_MATERIAL FOR THIS EXERCISE_
--

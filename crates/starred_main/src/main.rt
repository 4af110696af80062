// Runs document 01's starred examples about words, angles and buckets through the code, and prints what comes out.
#![tactic(auto)]

ghost use Rattle.std.specs.Prelude.{◌≡◌, ◌<◌, length};

use angle::PauliAngle;
use letter::Letter::{self, I, X, Y, Z};
use std::io;

// Letters a and b on two qubits.
fn word(a: Letter, b: Letter) -> [u64; 2] {
    let mut w = [0u64; 4];
    letter::write_letter(&mut w, 0, 1, 0, a);
    letter::write_letter(&mut w, 2, 1, 1, b);
    product::product_in(&mut w, 0, 2, 0, 1);
    [w[0], w[1]]
}

fn show_letter(rt: &impl Print, letter: Letter) -> io::Result<()> {
    rt.print(match letter {
        I => "I",
        X => "X",
        Y => "Y",
        Z => "Z",
    })
}

// The letters of a word of two qubits.
fn show_word(rt: &impl Print, w: &[u64]) -> io::Result<()>
    requires { length w.now ≡ 2 }
{
    show_letter(rt, letter::letter_at(w, 1, 0))?;
    show_letter(rt, letter::letter_at(w, 1, 1))
}

// Two words, the phase of their product, and its word.
fn show_product(rt: &impl Print, p: &[u64], q: &[u64]) -> io::Result<()>
    requires { (length p.now ≡ 2) × (length q.now ≡ 2) }
{
    let mut r = [0u64; 2];
    let e = product::product(p, q, &mut r, 1);
    show_word(rt, p)?;
    rt.print(" times ")?;
    show_word(rt, q)?;
    print!(rt; ": {}, ", e.0)?;
    show_word(rt, &r)?;
    rt.println("")
}

// A number from -7 to 7.
fn show_signed(rt: &impl Print, k: i32) -> io::Result<()> {
    let a = PauliAngle::new(k);
    if k < 0 {
        print!(rt; "-{}", (-a).0)
    } else {
        rt.print(a.0)
    }
}

fn show_normalized(rt: &impl Print, k: i32) -> io::Result<()> {
    show_signed(rt, k)?;
    rt.print(" gives ")?;
    show_signed(rt, angle::normalize(k) as i32)?;
    rt.println("")
}

// The bucket of a qubit out of 65: the one bit of a letter's signature.
fn show_bucket(rt: &impl Print, q: usize) -> io::Result<()>
    requires { q < 128 }
{
    let l = pauli::width(65);
    let mut w = [0u64; 4];
    letter::write_letter(&mut w, 0, l, q, X);
    let s = support::support_signature(&w, l);
    println!(rt; "qubit {q} in bucket {}", s.trailing_zeros())
}

fn main(rt: HostRuntime) -> io::Result<()> {
    show_product(&rt, &word(X, I), &word(Y, I))?;
    show_product(&rt, &word(X, I), &word(Z, I))?;
    show_product(&rt, &word(Z, I), &word(X, I))?;
    show_product(&rt, &word(X, X), &word(Z, Z))?;
    show_normalized(&rt, -4)?;
    show_normalized(&rt, 5)?;
    show_normalized(&rt, -5)?;
    show_bucket(&rt, 1)?;
    show_bucket(&rt, 64)
}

--

_REQUIRED ACTION_
Please output only the lines from the one holding "a letter's signature." to the end of the records, first and last included, exactly as they appear.

_SOLVED PROBLEM_
// The bucket of a qubit out of 65: the one bit of a letter's signature.
fn show_bucket(rt: &impl Print, q: usize) -> io::Result<()>
    requires { q < 128 }
{
    let l = pauli::width(65);
    let mut w = [0u64; 4];
    letter::write_letter(&mut w, 0, l, q, X);
    let s = support::support_signature(&w, l);
    println!(rt; "qubit {q} in bucket {}", s.trailing_zeros())
}

fn main(rt: HostRuntime) -> io::Result<()> {
    show_product(&rt, &word(X, I), &word(Y, I))?;
    show_product(&rt, &word(X, I), &word(Z, I))?;
    show_product(&rt, &word(Z, I), &word(X, I))?;
    show_product(&rt, &word(X, X), &word(Z, Z))?;
    show_normalized(&rt, -4)?;
    show_normalized(&rt, 5)?;
    show_normalized(&rt, -5)?;
    show_bucket(&rt, 1)?;
    show_bucket(&rt, 64)
}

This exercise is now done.